Clinical Case Studies
The scaphoid bone is the largest bone of the proximal row of wrist bones and is the most fractured during a fall on outstretched hand injury (FOOSH). If diagnosed and treated early, 90% of acute scaphoid fractures heal with no complications. Delayed diagnosis and treatment can lead to complications including non-union, delayed union, and avascular necrosis. Current diagnostic modalities used to detect a scaphoid fracture include conventional radiograph, CT, magnetic resonance imaging (MRI), bone scintigraphy, and sonograms.
High resolution enables visualization and quantification of both cortical and trabecular density, as well as characterizing the morphology of the fracture site. Visualization of ligament injuries and cartilage degeneration is also possible. Improved imaging, particularly around the bone/metal interface, has the potential to significantly reduce the uncertainties associated with surgery, resulting in improved patient outcomes.
Since late 2019, MARS has been conducting human trials out of the University of Canterbury (see case studies below). We are excited to announce we are moving our human trials into two clinics, one in Christchurch, New Zealand and one in Europe. These scanners will be used to assess real patient situations and provide us with valuable data regarding clinician workflow, before they are introduced into clinics.
Case study one
A 56-year-old-woman, who is right hand dominant, fell onto her outstretched hand hyperextending her wrist. The patient has x-ray radiographs, CT scans, and a cone beam CT (CBCT) scan to assess fracture healing due to ongoing pain and tenderness of her left wrist. The MARS scan was performed seven months post injury.
Results: The MARS images show a comminuted transverse fracture at the scaphoid waist. Sclerosis was observed at the fracture margin seven months post injury indicating non-union. Sagittal images show collapse at the fracture site with humpback deformity. Proximal pole sclerosis was not observed.
Clinical relevance: The MARS scanner produces high contrast bone detail, as well as assessment of bone density and morphology at the fracture site. This increased level of detail and information can aid in treatment decisions, as well as surgical planning.
Figure Left: Coronal view of the left wrist showing comminuted transverse fracture at the scaphoid waist. Right: Sagittal calcium imaging demonstrates sclerosis of the scaphoid fracture site and humpback deformity. The color code represents the density of the calcium channel.
3D volume rendering of the patient’s wrist differentiating soft tissue and bone.
Case study two
A 55-year-old right hand dominant male was troubled with chronic right wrist pain following a bike crash. The patient had radiographs and CBCT scan to monitor the progress of fracture healing. Twelve weeks post injury, the patient had a MARS scan.
Results: The MARS images show non-union with displacement. Small bony fragments were observed at the fracture margin. The separation between the fracture fragments was more than 3 mm. Sclerosis was not observed.
Clinical Relevance: The MARS scanner produces high contrast bone detail, as well as assessment of bone density and morphology at the fracture site. This increased level of detail and information can aid in treatment decisions, as well as surgical planning.

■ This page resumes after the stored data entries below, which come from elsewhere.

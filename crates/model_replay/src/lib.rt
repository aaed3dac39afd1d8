// Request 4 of document 02 as definitions and laws. All of it is in specs/.
#![tactic(auto)]
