//! Files that several inputs of a command name: each is read once, so that all of them have the same bytes.

use cpm_commands::{FileRole, PlannedFile};
use std::alloc::{AllocError, Global};

/// A file that several inputs name.
#[derive(Drop)]
struct RepeatedFile {
    name: String,
    /// How many of them are still to be read.
    left: usize,
    /// Its bytes, once it was read, until the last of them has them.
    bytes: Option<Vec<u8>>,
}

/// The files that several inputs of a command name.
#[derive(Drop)]
pub struct RepeatedFiles(Vec<RepeatedFile>);

impl RepeatedFiles {
    /// None.
    pub fn none(alloc: Global) -> RepeatedFiles {
        RepeatedFiles(Vec::new(alloc))
    }

    /// Those of these inputs, but for the configuration, which was read before.
    pub fn of(alloc: Global, inputs: &[PlannedFile<'_>]) -> Result<RepeatedFiles, AllocError> {
        let mut repeated = RepeatedFiles::none(alloc);
        for file in inputs {
            let uses = uses_of(inputs, file.name);
            if uses > 1 && repeated.place_of(file.name).is_none() {
                repeated.0.push(RepeatedFile {
                    name: String::from_str(alloc, file.name)?,
                    left: uses,
                    bytes: None,
                })?;
            }
        }
        Ok(repeated)
    }

    /// Where the file of a name stands.
    fn place_of(&self, name: &str) -> Option<usize> {
        self.0.iter().position(|file| file.name.as_str() == name)
    }

    /// The bytes of a file that was read before: a copy, but to the last input that names it.
    pub fn give(&mut self, alloc: Global, name: &str) -> Result<Option<Vec<u8>>, AllocError> {
        let Some(place) = self.place_of(name) else {
            return Ok(None);
        };
        let Some(file) = self.0.get_mut(place) else {
            return Ok(None);
        };
        if file.left <= 1 {
            return Ok(file.bytes.take());
        }
        let Some(bytes) = &file.bytes else {
            return Ok(None);
        };
        let copy = copy_of(alloc, bytes.as_slice())?;
        file.left = file.left.saturating_sub(1);
        Ok(Some(copy))
    }

    /// Keeps the bytes of a file that was read, if others name it.
    pub fn keep(&mut self, alloc: Global, name: &str, bytes: &[u8]) -> Result<(), AllocError> {
        let Some(place) = self.place_of(name) else {
            return Ok(());
        };
        let copy = copy_of(alloc, bytes)?;
        if let Some(file) = self.0.get_mut(place) {
            file.left = file.left.saturating_sub(1);
            file.bytes = Some(copy);
        }
        Ok(())
    }
}

/// How many inputs name this file.
fn uses_of(inputs: &[PlannedFile<'_>], name: &str) -> usize {
    inputs
        .iter()
        .filter(|file| file.role != FileRole::Configuration && file.name == name)
        .count()
}

/// These bytes once more.
fn copy_of(alloc: Global, bytes: &[u8]) -> Result<Vec<u8>, AllocError> {
    let mut copy = Vec::new(alloc);
    copy.extend_from_slice(bytes)?;
    Ok(copy)
}
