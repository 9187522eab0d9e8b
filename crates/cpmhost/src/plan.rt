//! What is seen to of the files of a command before any of them is read.

use crate::bounds::{Bounds, FileRules};
use crate::files::{check_file, check_folder};
use crate::held::{HeldFiles, LockableFiles, hold_images};
use crate::marks::ReadMarks;
use crate::output::{Outputs, is_open_already, target_of};
use crate::place::{check_apart, check_pipes};
use crate::refused::{CommandRefusal, RefusalDetail};
use cpm_commands::{FilePlan, FileRole, OutputNaming, PlannedFile};
use cpm_host::{HostError, RunError, shown};
use std::alloc::AllocError;
use std::io::ErrorKind;
use std::rt::Files;
use std::{fs, io};

/// What was seen to: where the files may lie, and those that are held.
#[derive(Drop)]
pub struct SeenFiles {
    pub bounds: Bounds,
    pub held: HeldFiles,
    /// What those were that are read, where files are written into folders.
    pub marks: ReadMarks,
    pub naming: OutputNaming,
}

impl SeenFiles {
    /// Nothing yet: what is read before lies anywhere.
    pub fn none(rt: &impl AllocGlobal) -> SeenFiles {
        SeenFiles {
            bounds: Bounds::none(rt.alloc()),
            held: HeldFiles::none(rt.alloc()),
            marks: ReadMarks::none(rt.alloc()),
            naming: OutputNaming::Replaces,
        }
    }

    /// Sees to the files of a plan: first those that are written, in their order, and that none of them is another one or is read; then those that are read;
    /// at last it holds those that are read and written.
    pub fn of(
        rt: &impl LockableFiles,
        outputs: Outputs,
        rules: FileRules<'_>,
        plan: &FilePlan<'_>,
    ) -> Result<SeenFiles, CommandRefusal> {
        let bounds = rules.bounds(rt, plan)?;
        for file in &plan.outputs {
            bounds.check_output(rt, file.name)?;
            check_output(rt, outputs, *file, plan.naming)?;
        }
        check_apart(rt, plan)?;
        bounds.check_inputs(rt, &plan.inputs)?;
        check_pipes(rt, &plan.inputs, rules.is_typed_at)?;
        let held = hold_images(rt, plan, rules.waits_for_others)?;
        let marks = ReadMarks::of(rt, plan).map_err(|_| HostError::OutOfMemory)?;
        Ok(SeenFiles {
            bounds,
            held,
            marks,
            naming: plan.naming,
        })
    }

    /// What was seen to after it. What was held is held on, and what was read is known.
    pub fn add(&mut self, later: SeenFiles) -> Result<(), AllocError> {
        let SeenFiles {
            bounds,
            held,
            marks,
            naming,
        } = later;
        self.bounds = bounds;
        self.naming = naming;
        self.held.add(held)?;
        self.marks.add_all(marks)
    }
}

/// Fails where a file can't be written, or is there and is not to be replaced.
fn check_output(
    rt: &impl LockableFiles,
    outputs: Outputs,
    file: PlannedFile<'_>,
    naming: OutputNaming,
) -> Result<(), CommandRefusal> {
    if file.role == FileRole::Folder {
        return Ok(check_folder(rt, outputs, file.name)?);
    }
    if naming == OutputNaming::New {
        check_new(rt, file)?;
    }
    Ok(check_file(rt, outputs, file.name)?)
}

/// Refuses a file that is there. In the place of an image nothing may be, not a device either.
fn check_new(rt: &impl LockableFiles, file: PlannedFile<'_>) -> Result<(), CommandRefusal> {
    let name = file.name;
    if file.role == FileRole::Image {
        return if has_name(rt, name) {
            Err(CommandRefusal::from(HostError::FileUnwritable {
                name: shown(name),
                reason: io::Error::from(ErrorKind::AlreadyExists),
            }))
        } else {
            Ok(())
        };
    }
    if is_there(rt, name)? {
        return Err(CommandRefusal {
            error: HostError::from(RunError::WriteFault(shown(name))),
            behind: RefusalDetail::Present,
        });
    }
    Ok(())
}

/// Whether something has a name.
pub fn has_name(rt: &impl Files, name: &str) -> bool {
    fs::symlink_metadata(rt, name).is_ok()
}

/// Whether a path is of a file, whose bytes would be lost, or of a link to nothing. What is written to a pipe or a device replaces nothing.
fn is_there(rt: &(impl Files + AllocGlobal), path: &str) -> Result<bool, AllocError> {
    if !has_name(rt, path) {
        return Ok(false);
    }
    match target_of(rt, path) {
        Ok(target) if is_open_already(target.as_path().as_str()) => Ok(false),
        Ok(target) => match fs::metadata(rt, target.as_path()) {
            Ok(found) => Ok(found.is_file()),
            Err(_) => Ok(true),
        },
        Err(error) if error.kind() == ErrorKind::OutOfMemory => Err(AllocError),
        Err(_) => Ok(true),
    }
}
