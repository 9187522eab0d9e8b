//! A refusal with what the machine says of it.
ghost use Rattle.std.specs.Prelude.{◌≡◌};

use cpm_host::{HostError, ShownWord, shown};
use std::alloc::{AllocError, AllocFailed};
use std::path::PathBuf;
use std::{fmt, io};

/// What is said after the text of a refusal.
#[derive(Debug, Drop)]
pub enum RefusalDetail {
    Nothing,
    /// Why the machine didn't read or write the file.
    Reason(io::Error),
    /// The output of this name is the same file.
    Output(ShownWord),
    /// The input of this name is the same file.
    Input(ShownWord),
    /// The output lies in a folder that files are written into, of which one may get its name.
    InFolder,
    /// It is a pipe, which is named twice.
    NamedTwice,
    /// It is a pipe, on which keys are typed.
    TypedOn,
    /// The file is there, and is not to be replaced.
    Present,
    /// The file lies in none of the folders that a run may use.
    Outside,
    /// It lies there, and is a device, a pipe or a folder.
    NotRegular,
    /// The name of an output is not of a kind that is taken.
    NotPlain,
    /// What was to be written is whole in the file of this path.
    Kept(PathBuf),
    /// The command can do it again.
    RunAgain,
}

/// A path as it stands on a line: `?` for what a refusal doesn't show either.
#[derive(Drop)]
pub struct PathLine<'a>(pub &'a str);

impl fmt::Display for PathLine<'_> {
    fn fmt<W: fmt::Write>(&self, f: &mut fmt::Formatter<W>) -> fmt::Result {
        for c in self.0.chars() {
            let mut room = [0; 4];
            let character = shown(c.encode_utf8(&mut room));
            write!(f, "{character}")?;
        }
        Ok(())
    }
}

impl fmt::Display for RefusalDetail {
    fn fmt<W: fmt::Write>(&self, f: &mut fmt::Formatter<W>) -> fmt::Result {
        match self {
            RefusalDetail::Nothing => Ok(()),
            RefusalDetail::Reason(reason) => write!(f, ": {reason}"),
            RefusalDetail::Output(other) => write!(f, " and '{other}': they are one file"),
            RefusalDetail::Input(other) => write!(
                f,
                " over the input '{other}': they are one file"
            ),
            RefusalDetail::InFolder => write!(f, ": it lies in a folder of --out-folder"),
            RefusalDetail::NamedTwice => write!(
                f,
                ": it is a pipe, which gives its bytes only once, and it is named twice"
            ),
            RefusalDetail::TypedOn => {
                write!(f, ": it is the pipe from which the typed keys come")
            }
            RefusalDetail::Present => write!(f, ": it is there; --force replaces it"),
            RefusalDetail::Outside => write!(f, ": it is not in the folders of --within"),
            RefusalDetail::NotRegular => write!(f, ": it is no regular file, as --within wants"),
            RefusalDetail::NotPlain => write!(f, ": it is no plain name, as --outputs-here wants"),
            RefusalDetail::Kept(path) => {
                let path = PathLine(path.as_path().as_str());
                write!(f, "; the new bytes are in '{path}'; move them yourself")
            }
            RefusalDetail::RunAgain => write!(f, "; run it again"),
        }
    }
}

/// Why a command is refused, on one line.
#[derive(Debug, Drop)]
pub struct CommandRefusal {
    pub error: HostError,
    pub behind: RefusalDetail,
}

impl fmt::Display for CommandRefusal {
    fn fmt<W: fmt::Write>(&self, f: &mut fmt::Formatter<W>) -> fmt::Result {
        let code = self.error.code();
        let (error, behind) = (&self.error, &self.behind);
        write!(f, "{code} {error}{behind}")
    }
}

impl From<HostError> for CommandRefusal {
    fn from(error: HostError) -> CommandRefusal {
        CommandRefusal {
            error,
            behind: RefusalDetail::Nothing,
        }
    }
}

impl From<AllocError> for CommandRefusal {
    fn from(_error: AllocError) -> CommandRefusal {
        CommandRefusal::from(HostError::OutOfMemory)
    }
}

impl<T: Drop> From<AllocFailed<T>> for CommandRefusal {
    fn from(_error: AllocFailed<T>) -> CommandRefusal {
        CommandRefusal::from(HostError::OutOfMemory)
    }
}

Figure Left: Coronal view of the right wrist demonstrates the separation between the fracture fragments. Right: Sclerosis of the fracture margins was not observed on calcium material imaging (right).
Case study three
A 22-year-old man fell from his bike onto an outstretched hand injuring his left wrist. The patient had an open reduction and internal fixation. Two months post operation, the patient had a MARS scan.
Results: MARS images show reduced metal artifacts at the bone-metal interface and visualisation of soft tissue in the vicinity of the implant. The MARS images show the impingement of the screw on the scaphotrapeziotrapezoidal (STT) joint. Sclerosis was observed at the proximal pole of the scaphoid suggesting avascular necrosis.
Clinical Relevance: Postoperative imaging evaluation of fracture fixation with metalware is often impaired by the metal artifact, which makes it difficult to evaluate the surrounding tissue. Due to reduced metal artifact and greatly improved visualisation of the bone-metal interface, MARS can be used to assess fracture healing and identify any metalware complications, such as implant loosening, migration of screw, or infection.
Figure: Coronal views of the left wrist show bone and soft tissue in the vicinity of the implant with reduced metal artifacts. The material image (right) demonstrates differentiation of tissues, fat (yellow), soft tissue (orange red), bone (grey), and screw (blue) (right).
3D volume rendering of the patient’s wrist differentiating soft tissue, bone, and metallic screw.